Data for the task:
----
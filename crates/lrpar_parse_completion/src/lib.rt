//! The recoverer `Completion`, which always repairs: it goes on at the nearest lexeme at which that is possible.
#![tactic(auto)]

mod cheapest;
mod completer;
mod completion;
mod fault;
mod finder;
pub mod laws;
mod nearest;
mod table_completion;
mod waiting;

pub use completion::Completion;
pub use fault::NoCompletion;
pub use table_completion::TableCompletion;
----
Work request: Please set down the entire listing once more, exactly as it stands.

Answer to this exercise:
filename crates/lrpar_parse_completion/src/lib.rt
//! The recoverer `Completion`, which always repairs: it goes on at the nearest lexeme at which that is possible.
#![tactic(auto)]

mod cheapest;
mod completer;
mod completion;
mod fault;
mod finder;
pub mod laws;
mod nearest;
mod table_completion;
mod waiting;

pub use completion::Completion;
pub use fault::NoCompletion;
pub use table_completion::TableCompletion;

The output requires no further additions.